A second consideration that might give rise to hylomorphism concerns certain constitution puzzles. Suppose that small lumps of clay are formed into a statue – just to track who is who, call the lumps of clay when amalgamated, ‘Lumpl,’ and the statue ‘Goliath.’ At a later date, the statue is destroyed in extreme heat that also destroys the clay. Lumpl and Goliath occupy the same spatiotemporal extent, and appear to have all and only the same material parts over the time they exist. Yet it seems that Lumpl and Goliath have different properties: for example, they have different dispositional properties, such as malleability. We could have destroyed Goliath by squishing the clay, but Lumpl would have survived the violence. From the indiscernibility of identicals, it would seem then that Lumpl and Goliath are distinct. And moreover, the case gives rise to the so-called grounding problem. Modal dispositions supervene on microphysical structures; yet Lumpl and Goliath are physical duplicates.

Similar to the Lumpl and Goliath puzzle are cases of distinct signs with the same word tokens.
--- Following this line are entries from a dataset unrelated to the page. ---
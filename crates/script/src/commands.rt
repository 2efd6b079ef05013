// Script lines taken apart into commands.
ghost use Rattle.std.specs.Prelude.{◌≡◌, true, false, MatchOption};
ghost use Rattle.script.specs.Words.{split, more};
ghost use Rattle.script.specs.Commands.{pieces, shaped, readable, Takes};

use super::words::{Pieces, only_letter};

// The most bytes that a line may have.
const LONGEST: usize = 80;

// A command of a script, with what stands for its uplinks, its downlinks and its other numbers.
#[derive(Clone, Copy)]
pub enum Command<U, D, N> {
    Lines(N),
    Fault { up: U, down: D, most: N, from: N },
    Post { up: U, down: D, units: N },
    Withdraw { up: U, down: D, units: N },
    Plan,
    Step,
    Run(N),
    Drop,
    Owed { up: U, down: D },
}

// A command as it is written: the words are parts of the script line.
pub type Words<'a> = Command<&'a [u8], &'a [u8], &'a [u8]>;

// The command of a letter, with its words taken off what follows the letter.
fn by_letter<'a>(letter: char, words: &mut Pieces<'a>) -> Option<Words<'a>>
    ensures { Takes letter (more words.old.0) result (more words.new.0) }
{
    // a match and no table of functions: each letter takes its own words
    match letter {
        'n' => Some(Command::Lines(words.next()?)),
        'f' => Some(Command::Fault {
            up: words.next()?,
            down: words.next()?,
            most: words.next()?,
            from: words.next()?,
        }),
        'p' => Some(Command::Post {
            up: words.next()?,
            down: words.next()?,
            units: words.next()?,
        }),
        'w' => Some(Command::Withdraw {
            up: words.next()?,
            down: words.next()?,
            units: words.next()?,
        }),
        'm' => Some(Command::Plan),
        's' => Some(Command::Step),
        'r' => Some(Command::Run(words.next()?)),
        'd' => Some(Command::Drop),
        'o' => Some(Command::Owed {
            up: words.next()?,
            down: words.next()?,
        }),
        _ => None,
    }
}

// The command that a line holds, or none where it holds none.
pub fn parse(line: &[u8]) -> Option<Words<'_>>
    ensures { MatchOption result (readable line.now ≡ false) (λ c. (readable line.now ≡ true) × (pieces c ≡ split line.now)) }
{
    if line.len() > LONGEST {
        return None;
    }
    let mut pieces = Pieces::of(line);
    let letter = only_letter(pieces.next()?)?;
    let command = by_letter(letter, &mut pieces)?;
    pieces.next().is_none().then_some(command)
}
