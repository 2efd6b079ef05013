// Words read as numbers.
ghost use Rattle.std.specs.Prelude.{◌≡◌, ◌<◌, ◌≤◌, true, false, length, MatchOption};
ghost use Rattle.script.specs.Numerals.{all_digits, read_on, number_of};

const MOST_DIGITS: usize = 5;

// The number that a short word writes in decimal, if it has digits only.
fn decimal(word: &[u8]) -> Option<u32>
    requires { length word.now ≤ 5 }
    ensures { MatchOption result (all_digits word.now ≡ false) (λ n. (all_digits word.now ≡ true) × (n ≡ read_on 0 word.now)) }
{
    // A loop and no fold: that n fits rests on how many digits came before.
    let mut n: u32 = 0;
    for b in word {
        n = 10 * n + char::from(*b).to_digit(10)?;
    }
    Some(n)
}

// The number that a word writes: 1 to 5 digits, at most 65,535.
pub fn number(word: &[u8]) -> Option<u16>
    ensures { result ≡ number_of word.now }
{
    if word.is_empty() || word.len() > MOST_DIGITS {
        return None;
    }
    u16::try_from(decimal(word)?).ok()
}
Johnston gives the example of an Israeli highway named after Menachem Begin. A sign with the words ‘Begin Highway’ is erected with the dual intention of naming the highway and indicating its start. Johnston does not claim that there are really two signs, and not one sign with two communicative purposes. Johnston uses the example to indicate that, if you hold there are two signs, you must appeal to a principle of unity, since the material components of the sign indicating the name of the highway and of the sign indicating the start of the highway are the same. Fine (Reference Fine2000) gives a similar example of a string of token letters conveying different messages in English and in code.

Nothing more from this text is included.